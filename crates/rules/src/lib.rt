// The rules: what document 01 fixes and later requests vary. What a link is opened as is chosen here, and why a copy is given up is
// named; the numbers of sending (section 5) are definitions alone, which the other crates' definitions take as a parameter.
#![tactic(auto)]

ghost use Rattle.std.specs.Prelude.{◌≡◌};
ghost use Rattle.rules.specs.Rules.{is_module, usual};

// Which end of the line a link is: the host, or the stand-in for a module.
#[derive(Clone, Copy, Debug, PartialEq, Eq)]
pub enum Role {
    Host,
    Module,
}

impl Role {
    // Whether it is the stand-in.
    #[inline]
    pub fn is_module(self) -> bool
        ensures { result ≡ is_module self }
    {
        matches!(self, Role::Module)
    }
}

// How a copy that was lost in silence is repeated (document 02, P4): sooner, or spaced as document 01 has it.
#[derive(Clone, Copy, Debug, PartialEq, Eq)]
pub enum Mode {
    Sooner,
    Spaced,
}

// Why a copy is given up: 15 or 18 came, or its wait ran out.
#[derive(Clone, Copy, Debug, PartialEq, Eq)]
pub enum Cause {
    Told,
    Time,
}

// What opening chooses, and every call keeps; a restart too.
#[derive(Clone, Copy, Debug, PartialEq, Eq)]
pub struct Choice {
    pub role: Role,
    pub mode: Mode,
}

impl Choice {
    // That of a link opened without a choice: the host, in the new mode.
    pub fn usual() -> Self
        ensures { result ≡ usual }
    {
        Choice {
            role: Role::Host,
            mode: Mode::Sooner,
        }
    }
}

____

**Assigned task**
State how many lines of the listing above hold the word "stand", with nothing but the number.

**Solution to this task**
2